There are now 585 in the nationwide chain. At the Medford branch -- the 578th -- the interior is all shiny pressed metal and deep magenta. Young women working the counter smile shyly as they flip tortillas into a warming press, cover them with shredded pork, black beans and rice, and salsa. A young man in the open kitchen turns and shows off a T - shirt that reads, "I made the guacamole today." The simple menu here, which boasts many organic ingredients and naturally raised meats, consists of burritos, tacos, and salads.
But in metropolitan Boston, Chipotle is a latecomer. The chain was one of the first fast - food places in the country to embrace healthy choices, but here it joins several small local chains already trying to make a name for themselves. America's love affair with fast food --
Last week, the New York City health board announced that after July 1, artificial trans fats, widely used in cooking and in baked goods and linked to hiking bad cholesterol, will be banned from the city's 24,000 restaurants, bakeries, and other eateries. The Boston Public Health Commission has launched a BestBites program, encouraging restaurants to eliminate trans fats, and its board is also discussing a proposal to ban trans fats.
Smart diners are not waiting, propelling the rise of places like Boloco, called The Wrap when it opened in 1997, which serves freshly made burritos. The name is supposed to sound Spanish, but comes from the words Boston, local, and company. In Watertown, the little cafe Lo Fat Know Fat, now simply KnowFat!, also opened in 1997 with promises of popular favorites with fewer calories. O'Naturals came to Acton in 2001, started after Stonyfield Farms cofounder Gary Hirshberg couldn't find a place for quick, healthy food while on a family trip. And in 2004, two guys opened b.good on Dartmouth Street, offering burgers, malts, and fries made from scratch.

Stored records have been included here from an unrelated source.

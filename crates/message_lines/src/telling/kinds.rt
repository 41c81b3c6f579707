//! The types of columns.

ghost use Rattle.std.specs.Prelude.{◌≡◌, ◌∷◌, ◌++◌, IfOk, OnOk};
ghost use Rattle.std.specs.Option.{option_map};
ghost use Rattle.json.specs.Token.{key};
ghost use Rattle.json.specs.Tree.{json_tokens};
ghost use Rattle.message_lines.specs.Kinds.{is_number, kind_json, kind_key, kind_name, limit_in, limited_name, numeric_name, plain_name, unlimited_name};

use crate::parts::members::{put_number, put_text};
use json::Writer;
use pqformat::Text;
use std::alloc::{AllocError, Global};

/// The OIDs of the types whose names are known (PostgreSQL 15, pg_type).
pub(crate) const BOOL_OID: u32 = 16;

pub(crate) const BYTEA_OID: u32 = 17;

pub(crate) const INT8_OID: u32 = 20;

pub(crate) const INT2_OID: u32 = 21;

pub(crate) const INT4_OID: u32 = 23;

pub(crate) const TEXT_OID: u32 = 25;

pub(crate) const CHAR_OID: u32 = 1042;

pub(crate) const VARCHAR_OID: u32 = 1043;

pub(crate) const DATE_OID: u32 = 1082;

pub(crate) const TIME_OID: u32 = 1083;

pub(crate) const TIMESTAMP_OID: u32 = 1114;

pub(crate) const TIMESTAMPTZ_OID: u32 = 1184;

pub(crate) const NUMERIC_OID: u32 = 1700;

pub(crate) const UUID_OID: u32 = 2950;

/// The modifier of a type with nothing in parentheses.
const NO_MODIFIER: i32 = -1;

/// What is added to what stands in parentheses (PostgreSQL 15, `VARHDRSZ`).
const MODIFIER_OFFSET: i32 = 4;

/// The member that tells a type: its name, or its OID where no name is known.
pub(crate) fn put_kind(
    alloc: Global,
    out: &mut Writer,
    kind: u32,
    modifier: i32,
) -> Result<(), AllocError>
    ensures tokens { OnOk result
        (out.new.tokens
        ≡ out.old.tokens ++ key (kind_key (kind_name kind modifier))
        ∷ json_tokens (kind_json (kind_name kind modifier) kind)) }
    ensures before { out.new.before ≡ out.old.before }
{
    if let Some(name) = plain_name(kind, modifier) {
        return put_text(out, "type", name);
    }
    match limited_name(alloc, kind, modifier)? {
        Some(name) => put_text(out, "type", name.as_str()),
        None => put_number(out, "typeoid", u64::from(kind)),
    }
}

#[tactic(auto, unfolding(crate::specs::Kinds::plain_name))]
fn plain_name(kind: u32, modifier: i32) -> Option<&'static str>
    ensures { option_map (λ name. name.now) result ≡ plain_name kind modifier }
{
    match kind {
        BOOL_OID => Some("boolean"),
        INT8_OID => Some("bigint"),
        INT2_OID => Some("smallint"),
        INT4_OID => Some("integer"),
        TEXT_OID => Some("text"),
        UUID_OID => Some("uuid"),
        BYTEA_OID => Some("bytea"),
        DATE_OID => Some("date"),
        _ => unlimited_name(kind, modifier),
    }
}

/// The name of a type of which nothing is limited.
fn unlimited_name(kind: u32, modifier: i32) -> Option<&'static str>
    ensures { option_map (λ name. name.now) result ≡ unlimited_name kind modifier }
{
    if modifier != NO_MODIFIER {
        return None;
    }
    match kind {
        CHAR_OID => Some("bpchar"),
        VARCHAR_OID => Some("character varying"),
        NUMERIC_OID => Some("numeric"),
        TIME_OID => Some("time without time zone"),
        TIMESTAMP_OID => Some("timestamp without time zone"),
        TIMESTAMPTZ_OID => Some("timestamp with time zone"),
        _ => None,
    }
}

/// The name of a type, and in parentheses what it is limited to.
#[tactic(auto, unfolding(crate::specs::Kinds::limited_name))]
fn limited_name(alloc: Global, kind: u32, modifier: i32) -> Result<Option<Text>, AllocError>
    ensures { IfOk result (λ name. name ≡ limited_name kind modifier) }
{
    let Some(limit) = limit_in(modifier) else {
        return Ok(None);
    };
    match kind {
        CHAR_OID => {
            let name = format!(in alloc; "character({limit})")?;
            Ok(Some(Text::new(name)))
        }
        VARCHAR_OID => {
            let name = format!(in alloc; "character varying({limit})")?;
            Ok(Some(Text::new(name)))
        }
        NUMERIC_OID => numeric_name(alloc, limit),
        _ => Ok(None),
    }
}

/// None where fewer digits than those before the point are told.
fn numeric_name(alloc: Global, limit: u32) -> Result<Option<Text>, AllocError>
    ensures { IfOk result (λ name. name ≡ numeric_name limit) }
{
    let (precision, scale) = (limit / 65536, limit % 65536);
    if scale >= 1024 {
        return Ok(None);
    }
    let name = format!(in alloc; "numeric({precision},{scale})")?;
    Ok(Some(Text::new(name)))
}

/// What a modifier limits a type to.
fn limit_in(modifier: i32) -> Option<u32>
    ensures { result ≡ limit_in modifier }
{
    if modifier < MODIFIER_OFFSET {
        return None;
    }
    Some((modifier - MODIFIER_OFFSET).cast_unsigned())
}

/// Whether the values of the type are told as numbers.
pub(crate) fn is_number(kind: u32) -> bool
    ensures { result ≡ is_number kind }
{
    kind == INT2_OID || kind == INT4_OID || kind == INT8_OID || kind == NUMERIC_OID
}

In a city known for loyalty to locals, Chipotle may be swimming upstream.
Boloco, which sells burritos in 11 stores in the Boston area and is beginning to franchise out of state, is the closest concept to Chipotle. John Pepper, a Boloco cofounder with Adam Liebman, says they started the business at a time when wraps might be associated with "ultra healthy but not necessarily good tasting." Grilling unusual combinations -- such as terriyaki burrito or a Cajun version -- and no microwaving has proved a winning combination, says Pepper. As far as sales go, he adds, "We've grown eight out of the last nine years.
"Three months ago, we cut out trans fats," says Pepper. Harbar, the company that makes Maria & Ricardo tortillas, worked to develop a whole - wheat and a flour wrap without the artificial fats for the chain.
The newest store in Medford, near Tufts University, opened three weeks ago, and the building materials are green, Pepper says, with counter tops made from recycled materials and other environmental innovations. But the major concern is the same as at any fast - food joint: "The hardest part about our business is that customers are kind of time-starved," he says. That means getting Boloco burritos out fast, all 30,000 each week. He says his enterprise offers more than twice the ingredients similar spots do.
When Hirshberg of Stonyfield and Mac McCabe started O'Naturals, " No one really wanted to take on fast food," says McCabe. "So we did." There's no question there's a demand, he says. The company has other locations in Portland and Falmouth, Maine. McCabe is especially tickled about their newest outlet in a health club in Wichita, Kan., where a strip of highway has more variations on fast food than McCabe had ever seen.
O'Naturals's menu -- flatbread sandwiches, noodles, salads, soups, and pizzas -- emphasizes "free roaming" chickens, organic flour, and wild Alaskan salmon. And no trans fats. "I don't even know how to spell trans fats," says McCabe. He thinks that customers are finally starting to worry about what they're eating.
Yet, he adds, " This isn't food as medicine." It's got to taste good, too.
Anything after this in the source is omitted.